Does anyone have one? I'm loathing the idea of paying £5 for a piece of drilled plastic and would much rather my beer token go to a forum member if anyone has one going unused.

I believe its one of these style that is required - http://www.evanscycles.com/products/pdw/rear-light-cargo-rack-bracket-ec035228 - I normally just slipped a cheap light onto the back of my panniers via a little material loop but it got caught and snapped off. Oh well.

Any and all help appreciated!


----------



## sittingbull (7 Jul 2015)

I use a Cateye C1 Belt Clip.

Just cut the clip part off with a hacksaw, then you're left with a flat mount. Drill 4 holes in the corners (and in my case corresponding holes to the rear of my seat pack) and attach with 2 cable ties. The end result is horizontally aligned unlike attaching to a material loop.


----------



## mythste (7 Jul 2015)

sittingbull said:


> I use a Cateye C1 Belt Clip.
> 
> Just cut the clip part off with a hacksaw, then you're left with a flat mount. Drill 4 holes in the corners (and in my case corresponding holes to the rear of my seat pack) and attach with 2 cable ties. The end result is horizontally aligned unlike attaching to a material loop.



Oh Good point. I do have a seat ring thingy that I might be able to retrofit one way or another... Hmm.


----------



## Gez73 (7 Jul 2015)

I might have one in the shed not needed. Definitely have a spare belt clip version. Let me look. Gez


----------



## raleighnut (7 Jul 2015)

sittingbull said:


> I use a Cateye C1 Belt Clip.
> 
> Just cut the clip part off with a hacksaw, then you're left with a flat mount.

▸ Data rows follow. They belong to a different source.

//! Members that don't answer: where their calls go, and what is said of them.

use super::{
    Act, CALL, Heard, LIMITS, ONE, Story, TWO, Watched, call, hear, linked, listening, members_at,
    play,
};
use member_links::{Asked, Health, Members, SocketLink};
use outside::{AnswerEnd, CallKind, Link};
use std::alloc::Global;
use std::net::Net;
use std::rt::Clock as Times;
use std::sync::{Arc, Wait};
use std::test::Fail;
use std::thread;
use std::time::Duration;

const TWICE: Story = Story {
    lots: &[
        &[Act::Hear(CALL), Act::Say(ONE)],
        &[Act::Hear(CALL)],
        &[Act::Hear(CALL), Act::Say(TWO)],
        &[Act::Hear(CALL), Act::Say(ONE)],
    ],
};

/// Calls, each with how many milliseconds are waited before it, its member, its kind, the answer that is wanted, what it comes to, and how
/// many lines there are then.
const REPORTED: &[(u64, u32, CallKind, &[u8], Heard, u64)] = &[
    (0, 1, CallKind::Reads, ONE, Heard::Wanted, 0),
    // a connection that is closed without an answer
    (0, 1, CallKind::Reads, ONE, Heard::Failed, 0),
    // the second one takes no call: the first one stands in, but not where it is asked itself
    (0, 2, CallKind::Asks, ONE, Heard::Unsent, 1),
    (0, 2, CallKind::Writes, TWO, Heard::Wanted, 1),
    (0, 2, CallKind::Scans, ONE, Heard::Wanted, 1),
    // there is no third one
    (0, 3, CallKind::Reads, ONE, Heard::Unsent, 1),
    // now neither takes a call; the second one is tried all the same
    (1_100, 2, CallKind::Reads, ONE, Heard::Unsent, 2),
    (1_100, 2, CallKind::Reads, ONE, Heard::Unsent, 2),
];

#[test]
fn calls_go_to_the_next_member_where_one_takes_none(rt: HostRuntime) -> Result<(), Fail> {
    let alloc: Global = rt.alloc();
    let (listener, address) = listening(&rt, alloc)?;
    let (none, gone) = listening(&rt, alloc)?;
    drop(none);
    let handle = thread::spawn(&rt, move || -> usize { play(&rt, &listener, TWICE) })?;
    let system = Watched::new(&rt);
    let mut link = linked(&system, alloc, &[&address, &gone], LIMITS)?;
    for (pause, member, kind, wanted, heard, lines) in REPORTED {
        thread::sleep(&rt, Duration::from_millis(*pause));
        let came = call(&mut link, *member, *kind, wanted, AnswerEnd::Broken);
        assert_eq!(rt; (came, system.lines()), (*heard, *lines), "{member}");
    }
    assert_eq!(rt; handle.join(&rt), 7);
    Ok(())
}

#[test]
fn askings_say_whether_a_member_answers(rt: HostRuntime) -> Result<(), Fail> {
    let alloc: Global = rt.alloc();
    let (_listener, address) = listening(&rt, alloc)?;
    let system = Watched::new(&rt);
    let members = members_at(&system, alloc, &[&address])?;
    // what is waited, how the asking went, the health behind it, and how many lines there are then
    let askings = [
        (0, Asked::Well, Health::Up, 0),
        (0, Asked::InVain, Health::Suspect, 0),
        (0, Asked::Well, Health::Up, 0),
        (0, Asked::InVain, Health::Suspect, 0),
        (0, Asked::InVain, Health::Down, 1),
        (0, Asked::InVain, Health::Down, 1),
        // not within the same second
        (0, Asked::Well, Health::Up, 1),
        (1_100, Asked::Well, Health::Up, 2),
        (1_100, Asked::Barred, Health::Barred, 3),
        (0, Asked::Barred, Health::Barred, 3),
        (0, Asked::InVain, Health::Down, 3),
        (1_100, Asked::Well, Health::Up, 4),
    ];
    for (pause, came, health, lines) in askings {
        thread::sleep(&rt, Duration::from_millis(pause));
        members.asked(&system, 1, came);
        assert_eq!(rt; (members.health(1), system.lines()), (health, lines));
    }
    // there is no second one
    members.asked(&system, 2, Asked::Well);
    assert_eq!(rt; members.health(2), Health::Down);
    Ok(())
}

#[test]
fn a_member_that_may_not_answer_is_asked_at_once(rt: HostRuntime) -> Result<(), Fail> {
    let alloc: Global = rt.alloc();
    let (none, address) = listening(&rt, alloc)?;
    drop(none);
    let members = members_at(&rt, alloc, &[&address])?;
    let others = Arc::try_clone(&members)?;
    let began = rt.monotonic()?;
    // one that rests four seconds more is woken by a call that fails
    let caller = thread::spawn(&rt, move || -> Heard {
        thread::sleep(&rt, Duration::from_millis(1_500));
        let mut link = SocketLink::new(rt, others, LIMITS);
        call(&mut link, 1, CallKind::Reads, ONE, AnswerEnd::Whole)
    })?;
    members.rest(&rt, 1);
    assert_eq!(rt; caller.join(&rt), Heard::Unsent);
    assert_eq!(rt; members.health(1), Health::Down);
    members.rest(&rt, 1);
    let took = rt.monotonic()?.saturating_sub(began);
    assert!(rt;
        took.as_millis() >= 2_400 && took.as_millis() < 4_500,
        "{took:?}"
    );
    Ok(())
}

#[test]
fn no_call_goes_to_a_member_that_refused_to_be_asked(rt: HostRuntime) -> Result<(), Fail> {
    let alloc: Global = rt.alloc();
    let (listener, address) = listening(&rt, alloc)?;
    let members = members_at(&rt, alloc, &[&address])?;
    let mut link = SocketLink::new(rt, Arc::try_clone(&members)?, LIMITS);
    members.asked(&rt, 1, Asked::Barred);
    assert!(rt; link.begin(1, CallKind::Reads, CALL).is_err());
    assert!(rt; link.begin(1, CallKind::Watches(1), CALL).is_err());
    // it is asked again
    assert!(rt; link.begin(1, CallKind::Asks, CALL).is_ok());
    drop(listener);
    Ok(())
}

/// Says of a member in a while that it didn't answer, twice.
fn fells<R: Times + Wait + Eprint>(rt: &R, members: &Members) {
    thread::sleep(rt, Duration::from_millis(300));
    members.asked(rt, 1, Asked::InVain);
    members.asked(rt, 1, Asked::InVain);
}

#[test]
fn a_scan_is_waited_for_while_its_member_is_not_down(rt: HostRuntime) -> Result<(), Fail> {
    let alloc: Global = rt.alloc();
    let (listener, address) = listening(&rt, alloc)?;
    let slow = Story {
        lots: &[&[
            Act::Hear(CALL),
            Act::Rest(1_300),
            Act::Say(ONE),
            Act::Rest(1_300),
        ]],
    };
    let handle = thread::spawn(&rt, move || -> usize { play(&rt, &listener, slow) })?;
    let members = members_at(&rt, alloc, &[&address])?;
    let mut link = SocketLink::new(rt, Arc::try_clone(&members)?, LIMITS);
    let Ok(mut answer) = link.begin(1, CallKind::Scans, CALL) else {
        return Err(Fail::new("no scan was begun"));
    };
    assert_eq!(rt;
        (hear(&mut answer, ONE), members.health(1)),
        (Heard::Wanted, Health::Suspect)
    );
    // what comes next is cut off, since the member is down by then
    let asked = Arc::try_clone(&members)?;
    let feller = thread::spawn(&rt, move || fells(&rt, &asked))?;
    assert_eq!(rt; hear(&mut answer, TWO), Heard::Failed);
    feller.join(&rt);
    link.end(answer, AnswerEnd::Broken);
    assert_eq!(rt; handle.join(&rt), 4);
    Ok(())
}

Drill 4 holes in the corners (and in my case corresponding holes to the rear of my seat pack) and attach with 2 cable ties. The end result is horizontally aligned unlike attaching to a material loop.


I've done similar but using tiny screws to the 'Crud guard' mudguard mount on my Saracen, works surprisingly well.


----------



## Gez73 (7 Jul 2015)

That's the cateye belt clip also using a Topeak attachment. That requires two vertical holes in the rack while the longer cateye mount user two horizontal holes. You are welcome to both/either/neither. It is very sturdy and should hold any light safely. I have no spare horizontal mounts as they are all attached to racks. Gez


----------



## Gez73 (7 Jul 2015)




----------



## Gez73 (7 Jul 2015)




----------



## mythste (7 Jul 2015)

@Gez73 - I'll have a look when I get home but that might just be the ticket, Happy to throw a few quid in your macmillan fund if that's still relevant and you don't need it


----------



## Gez73 (7 Jul 2015)

No problem, the belt clip will work if you can work out a way to mount it. Otherwise the topeak bracket is dead sturdy with it if you can mount that. Not going anywhere so no rush. Cheers, no need to worry about payment. Gez


----------